Objective: To investigate the risk factors associated with coronary heart disease (CHD) in patients with metabolic-associated fatty liver disease (MAFLD) and develop a nomogram prediction model.

Methods: This study included 394 patients with MAFLD who underwent coronary angiography at The Affiliated Hospital of Qingdao University between December 2019 and December 2024. The study cohort was divided in a 7:3 ratio into training and validation sets comprising 277 and 117 cases, respectively. The training group was further divided into the MAFLD-only (n = 57) and MAFLD-plus-CHD (n = 220) groups. LASSO and multivariable logistic regression analyses were performed to identify the risk factors of concomitant coronary heart disease in patients with MAFLD. A nomogram was constructed and validated internally to predict CHD risk in the patients. We evaluated the nomogram's predictive performance using receiver operating characteristic (ROC) curves, calibration plots, and decision curve analysis (DCA) in the training and validation groups.

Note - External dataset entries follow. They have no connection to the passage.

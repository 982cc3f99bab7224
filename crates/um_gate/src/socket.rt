//! A gate over a Unix socket.

ghost use Rattle.std.specs.Prelude.{◌≡◌, ◌≤◌, [], length, false, true, IfOk, IfSome, vec_capacity};

use crate::gate::{CONNECTIONS, Gate, MOST_BYTES, Open};
use crate::listener::listener_at;
use crate::news::News;
use mio::net::{UnixListener, UnixStream};
use mio::{Events, Interest, Poll, Token};
use std::alloc::{AllocError, Global};
use std::fs::Files;
use std::io::{ErrorKind, Read, Write};
use std::net::Net;
use std::time::Duration;
use std::{fs, io, mem};

/// The most events that one wait reports.
const EVENTS: usize = 128;

/// The listener's events have this token; those of a connection its number.
const LISTENER: usize = CONNECTIONS;

/// And those of the socket of news this one.
const NEWS: usize = CONNECTIONS + 1;

/// The place under the number of a connection.
#[derive(Drop)]
enum Place {
    Free,
    Open(UnixStream),
    /// It failed in a write, or was given up: its next read reports it closed.
    Broken,
}

/// A gate over a Unix socket, of which no call waits but `wait`.
///
/// No contract can say which bytes a socket gives and takes. So `honest` isn't claimed of it, and of the clauses of
/// `Gate` only those on the number of bytes say something here. That a socket follows the list of events is a premise
/// of the proofs above.
#[derive(Drop)]
pub struct SocketGate {
    poll: Poll,
    events: Events,
    listener: UnixListener,
    /// The last accept took a client: another one may wait that no event reports any more.
    has_accepted: bool,
    /// The socket at which the gate is woken; None before it was made.
    news: Option<News>,
    /// A descriptor that is released if none is left to accept a connection to that socket, so that files can be read
    /// after the wake.
    spare: Option<Poll>,
    /// Why no connection to that socket could be closed while the spare descriptor was there.
    fault: Option<io::Error>,
    places: Vec<Place>,
    /// Where a read puts its bytes first.
    buffer: Vec<u8>,
    ghost full: { length buffer.items ≡ 4096 },
}

/// As many free places as there are connections.
fn free_places(alloc: Global) -> Result<Vec<Place>, AllocError> {
    let mut places = Vec::with_capacity(alloc, CONNECTIONS)?;
    for _ in 0..CONNECTIONS {
        places.push(Place::Free)?;
    }
    Ok(places)
}

/// A buffer of as many bytes as a read gives at most.
fn full_buffer(alloc: Global) -> Result<Vec<u8>, AllocError>
    ensures { IfOk result (λ buffer. length buffer.items ≡ MOST_BYTES) }
{
    let mut buffer = Vec::new(alloc);
    buffer.resize(MOST_BYTES, 0)?;
    Ok(buffer)
}

/// The least number that is free.
fn free_number(places: &[Place]) -> Option<usize> {
    places.iter().position(|place| matches!(place, Place::Free))
}

/// Reads a stream: the number of bytes in the buffer, or none if it is closed.
fn read_stream(stream: &mut UnixStream, buffer: &mut [u8]) -> Option<usize>
    ensures { IfSome result (λ count. count ≤ length buffer.old) }
{
    // the system answers a read of no bytes as it answers at the end
    if buffer.is_empty() {
        return Some(0);
    }
    match stream.read(buffer) {
        Ok(0) => None,
        Ok(count) => Some(count),
        Err(e) => match e.kind() {
            ErrorKind::WouldBlock | ErrorKind::Interrupted => Some(0),
            _ => None,
        },
    }
}

/// How many of the bytes a stream takes; none where it failed.
fn write_stream(stream: &mut UnixStream, bytes: &[u8]) -> Option<usize>
    ensures { IfSome result (λ count. count ≤ length bytes.now) }
{
    if bytes.is_empty() {
        return Some(0);
    }
    match stream.write(bytes) {
        Ok(count) => Some(count),
        Err(e) => match e.kind() {
            ErrorKind::WouldBlock | ErrorKind::Interrupted => Some(0),
            _ => None,
        },
    }
}

impl SocketGate {
    /// Serves a socket at `path`, to which its owner alone may connect from its first moment on. It takes the place of
    /// a socket at which nobody answers. It is made in a folder beside it, at `path` with `.new` appended, which is
    /// removed again.
    ///
    /// `AddrInUse` and `AlreadyExists` as of `look_at_socket`, with the file there left as it is; another error where
    /// the system refuses it, as for a path past 101 bytes, or where memory is refused.
    pub fn open<R: Files + Net>(rt: &R, alloc: Global, path: &str) -> io::Result<SocketGate> {
        let poll = Poll::new(rt)?;
        let events = Events::with_capacity(alloc, EVENTS)?;
        let places = free_places(alloc)?;
        let buffer = full_buffer(alloc)?;
        let mut listener = listener_at(rt, alloc, path)?;
        poll.registry()
            .register(&mut listener, Token(LISTENER), Interest::READABLE)?;
        Ok(SocketGate {
            poll,
            events,
            listener,
            has_accepted: false,
            news: None,
            spare: None,
            fault: None,
            places,
            buffer,
        })
    }

    /// Makes a socket at `path` as `open` does, which wakes the gate: each connection to it is closed, and nothing is
    /// read. It takes the place of one that was made before. From then on the gate has a spare descriptor: one for
    /// files if it is woken and the system has no other.
    ///
    /// The same errors as those of `open`. After one the socket made before is as it was, unless the poll takes no
    /// further socket: then one at which nobody answers stands at the path.
    pub fn open_news<R: Files + Net>(
        &mut self,
        rt: &R,
        alloc: Global,
        path: &str,
    ) -> io::Result<()> {
        self.take_spare(rt)?;
        let mut listener = listener_at(rt, alloc, path)?;
        self.poll
            .registry()
            .register(&mut listener, Token(NEWS), Interest::READABLE)?;
        self.news = Some(News::of(listener));
        Ok(())
    }

    /// Takes the spare descriptor, where it isn't there.
    fn take_spare<R: Files + Net>(&mut self, rt: &R) -> io::Result<()> {
        if self.spare.is_none() {
            self.spare = Some(Poll::new(rt)?);
        }
        Ok(())
    }

    /// Makes the socket of news at `path` again if nothing stands there any more, and takes the spare descriptor again.
    /// A file that stands there is left as it is.
    ///
    /// The same errors as those of `open_news`, or another one where the system refuses the look.
    pub fn keep_news<R: Files + Net>(
        &mut self,
        rt: &R,
        alloc: Global,
        path: &str,
    ) -> io::Result<()> {
        self.take_spare(rt)?;
        match fs::symlink_metadata(rt, path) {
            Err(e) if e.kind() == ErrorKind::NotFound => self.open_news(rt, alloc, path),
            Err(e) => Err(e),
            Ok(_) => Ok(()),
        }
    }

    /// Why no connection to the socket of news can be closed, by the last look after which the spare descriptor was
    /// there; None once that went well again.
    pub fn news_fault(&self) -> Option<&io::Error> {
        self.fault.as_ref()
    }

    /// Whether a connection may wait at the socket of news that no event reports any more.
    fn has_more_news(&self) -> bool {
        match &self.news {
            Some(news) => news.has_more(),
            None => false,
        }
    }

    /// Closes the connections to the socket of news, 64 at most, and returns whether there was any. If no descriptor is
    /// left for that the spare one is released, until it is taken again.
    fn take_news(&mut self) -> bool {
        let Some(news) = &mut self.news else {
            return false;
        };
        let is_woken = news.take();
        // once the spare one is released it isn't known whether others are left
        if self.spare.is_some() {
            self.fault = news.take_fault();
            if self.fault.is_some() {
                self.spare = None;
            }
        }
        is_woken
    }

    /// Waits until an event occurs, but no longer than this, and returns whether one did.
    fn wait_for_event(&mut self, longest: Duration) -> bool {
        match self.poll.poll(&mut self.events, Some(longest)) {
            Ok(()) => !self.events.is_empty(),
            // if the system refuses to wait, a look shows what there is
            Err(_) => true,
        }
    }

    /// Waits until a client connects, bytes arrive, a connection takes bytes again, or the gate is woken, but no longer
    /// than this, and returns whether any of it may be. It is a hint alone: the caller then looks at each open
    /// connection, since the same client or bytes aren't reported a second time.
    pub fn wait(&mut self, longest: Duration) -> bool {
        if mem::replace(&mut self.has_accepted, false) {
            return true;
        }
        let longest = if self.has_more_news() {
            Duration::ZERO
        } else {
            longest
        };
        let has_event = self.wait_for_event(longest);
        // in any case, since no event reports again a connection that couldn't be closed
        self.take_news() | has_event
    }

    /// The next client, if one waits. It doesn't get the descriptor that the spare one leaves.
    fn next_client(&mut self) -> Option<UnixStream> {
        if self.news.is_some() && self.spare.is_none() {
            return None;
        }
        let (stream, _) = self.listener.accept().ok()?;
        Some(stream)
    }

    /// Takes a client under a free number; if none is free its connection is closed.
    fn take_client(&mut self, mut stream: UnixStream) {
        let Some(number) = free_number(self.places.as_slice()) else {
            return;
        };
        let interest = Interest::READABLE | Interest::WRITABLE;
        let registry = self.poll.registry();
        if registry
            .register(&mut stream, Token(number), interest)
            .is_err()
        {
            return;
        }
        if let Some(place) = self.places.get_mut(number) {
            *place = Place::Open(stream);
        }
    }
}

/// Which places aren't free.
fn open_of(places: &[Place]) -> Open {
    let mut is_open = [false; CONNECTIONS];
    for (number, place) in places.iter().enumerate() {
        if number < CONNECTIONS {
            is_open[number] = !matches!(place, Place::Free);
        }
    }
    Open { is_open }
}

/// Reads the bytes that are there of a place; none where it is closed.
fn read_place(place: &mut Place, buffer: &mut [u8]) -> Option<usize>
    ensures { IfSome result (λ count. count ≤ length buffer.old) }
{
    match place {
        Place::Open(stream) => read_stream(stream, buffer),
        Place::Free | Place::Broken => None,
    }
}

/// Puts the bytes that are there of a place into the vector, by way of the buffer, and returns whether it is open
/// still.
fn fill(place: &mut Place, buffer: &mut [u8], most: usize, bytes: &mut Vec<u8>) -> bool
    requires empty { bytes.old.items ≡ [] }
    requires few { most ≤ MOST_BYTES }
    requires room { most ≤ vec_capacity bytes.old }
    requires full { length buffer.old ≡ MOST_BYTES }
    ensures bound { length bytes.new.items ≤ most }
    ensures full { length buffer.new ≡ MOST_BYTES }
{
    let Some(count) = read_place(place, &mut buffer[..most]) else {
        *place = Place::Free;
        return false;
    };
    match bytes.extend_from_slice(&buffer[..count]) {
        Ok(()) => true,
        Err(_) => unreachable!(),
    }
}

/// How many of the bytes a place takes.
fn write_place(place: &mut Place, bytes: &[u8]) -> usize
    ensures { result ≤ length bytes.now }
{
    let taken = match place {
        Place::Open(stream) => write_stream(stream, bytes),
        Place::Free | Place::Broken => Some(0),
    };
    match taken {
        Some(count) => count,
        None => {
            *place = Place::Broken;
            0
        }
    }
}

impl Gate for SocketGate {
    // No clause reads it, since nothing is claimed of what a socket gives.
    ghost past = { λ _. [] };

    ghost whole = { λ _. true };

    ghost honest = { λ _. false };

    fn accept(&mut self) -> Open {
        let client = self.next_client();
        self.has_accepted = client.is_some();
        if let Some(stream) = client {
            self.take_client(stream);
        }
        open_of(self.places.as_slice())
    }

    fn read(&mut self, number: usize, most: usize, bytes: &mut Vec<u8>) -> bool {
        match self.places.get_mut(number) {
            Some(place) => fill(place, self.buffer.as_mut_slice(), most, bytes),
            None => false,
        }
    }

    fn write(&mut self, number: usize, bytes: &[u8]) -> usize {
        match self.places.get_mut(number) {
            Some(place) => write_place(place, bytes),
            None => 0,
        }
    }

    fn drop_connection(&mut self, number: usize) {
        if let Some(place) = self.places.get_mut(number) {
            *place = Place::Broken;
        }
    }
}
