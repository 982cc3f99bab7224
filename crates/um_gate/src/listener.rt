//! Sockets that are listened at, made so that only their owner connects.

use mio::net::{UnixListener, UnixStream};
use std::alloc::Global;
use std::fs::{DirBuilder, Files, Permissions};
use std::io::ErrorKind;
use std::net::Net;
use std::os::unix::fs::{DirBuilderExt, FileTypeExt, PermissionsExt};
use std::{fs, io};

/// The owner alone may connect.
const MODE: u32 = 0o600;

/// The owner alone may go into the folder in which the socket is made.
const FOLDER_MODE: u32 = 0o700;

/// Whether somebody answers at the socket at the path.
fn is_answered<R: Net>(rt: &R, path: &str) -> io::Result<bool> {
    match UnixStream::connect(rt, path) {
        Ok(_) => Ok(true),
        Err(e) => match e.kind() {
            // the queue of connections to accept is full, so somebody serves the socket
            ErrorKind::WouldBlock => Ok(true),
            ErrorKind::ConnectionRefused | ErrorKind::NotFound => Ok(false),
            _ => Err(e),
        },
    }
}

/// Checks whether a socket may be made at the path: nothing stands there, or a socket at which nobody answers. It
/// changes nothing.
///
/// `AddrInUse` where somebody answers, `AlreadyExists` where something stands there that is no socket, or another error
/// where the system refuses the look.
pub fn look_at_socket<R: Files + Net>(rt: &R, path: &str) -> io::Result<()> {
    match fs::symlink_metadata(rt, path) {
        Ok(about) if about.file_type().is_socket() => {}
        Ok(_) => {
            let message = "what stands there is no socket";
            return Err(io::Error::new(ErrorKind::AlreadyExists, message));
        }
        Err(e) if e.kind() == ErrorKind::NotFound => return Ok(()),
        Err(e) => return Err(e),
    }
    if is_answered(rt, path)? {
        let message = "somebody serves this socket";
        return Err(io::Error::new(ErrorKind::AddrInUse, message));
    }
    Ok(())
}

/// Removes the folder, with a socket in it, that is left of the making of one, as where a server was killed meanwhile.
fn clear<R: Files>(rt: &R, folder: &str, inside: &str) {
    // a file that stays is in the way when the folder is made, and is reported then
    if let Ok(about) = fs::symlink_metadata(rt, inside) {
        if about.file_type().is_socket() {
            let _ = fs::remove_file(rt, inside);
        }
    }
    let _ = fs::remove_dir(rt, folder);
}

/// Makes the folder in which a socket is made.
fn make_folder<R: Files>(rt: &R, folder: &str) -> io::Result<()> {
    match DirBuilder::new().mode(FOLDER_MODE).create(rt, folder) {
        Err(e) if e.kind() == ErrorKind::AlreadyExists => {
            let message =
                "it is made in a folder at this path with .new behind, where something else stands";
            Err(io::Error::new(ErrorKind::AlreadyExists, message))
        }
        made => made,
    }
}

/// A listener at the path inside a folder of its own, to which nobody else connects before its mode is set; then it is
/// moved to its path, over a socket at which nobody answers.
fn listener_by<R: Files + Net>(
    rt: &R,
    folder: &str,
    inside: &str,
    path: &str,
) -> io::Result<UnixListener> {
    make_folder(rt, folder)?;
    let listener = UnixListener::bind(rt, inside)?;
    fs::set_permissions(rt, inside, Permissions::from_mode(MODE))?;
    look_at_socket(rt, path)?;
    fs::rename(rt, inside, path)?;
    Ok(listener)
}

/// A listener at the path, to which the owner alone may connect.
pub(crate) fn listener_at<R: Files + Net>(
    rt: &R,
    alloc: Global,
    path: &str,
) -> io::Result<UnixListener> {
    let folder = format!(in alloc; "{path}.new")?;
    let inside = format!(in alloc; "{folder}/s")?;
    look_at_socket(rt, path)?;
    clear(rt, folder.as_str(), inside.as_str());
    let listener = listener_by(rt, folder.as_str(), inside.as_str(), path);
    clear(rt, folder.as_str(), inside.as_str());
    listener
}
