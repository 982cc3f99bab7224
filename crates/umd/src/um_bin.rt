//! The calls that do the program's work, under one name: reading its words, answering frames, serving a store over a
//! socket. `read_line` and `memory` have contracts in their crates. `serve_store` has none; the rounds that it runs are
//! those of `um_serve::serve`, which has one.

pub use um_daemon::serve_store;
pub use um_line::read_line;
pub use um_memory::memory;
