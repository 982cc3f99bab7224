//! Gates for clients: each accept, read and write of up to 64 connections is one event of a list, in memory and over a socket.
#![tactic(auto)]

mod clock;
mod fake;
mod gate;
mod listener;
mod news;
mod note;
mod socket;

pub use clock::{FakeMoments, Moments, SystemMoments, system_moment};
pub use fake::FakeGate;
pub use gate::{CONNECTIONS, Gate, MOST_BYTES, Open};
pub use listener::look_at_socket;
pub use note::Note;
pub use socket::SocketGate;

Results: Of the 394 MAFLD cases, 313 had CHD-related complications. Of the 277 patients in the training set, 220 had CHD, and of the 117 patients in the validation set, 93 had CHD. LASSO regression analysis revealed that the following variables were associated with the risk of CHD: sex, lipoprotein(a) (Lp[a]), low-density lipoprotein cholesterol, white blood cell count (WBC), glycated triglyceride-glucose index (TyG), and atherosclerosis index (AIP). Multivariate logistic regression analysis revealed that sex, Lp(a), WBC, TyG, and AIP were independent risk factors for CHD in MAFLD cases. A nomogram was constructed and an ROC curve was plotted, based on which the optimal cutoff value was determined as 0.698. The area under the curve of the nomogram in the training and validation cohorts was 0.860 (95% CI = 0.807-0.913) and 0.843 (95% CI = 0.757-0.929), respectively. Calibration curves for CHD risk probability showed good agreement between the nomogram's predicted probabilities and the observed event rates. DCA demonstrated the net clinical benefit of the constructed nomogram.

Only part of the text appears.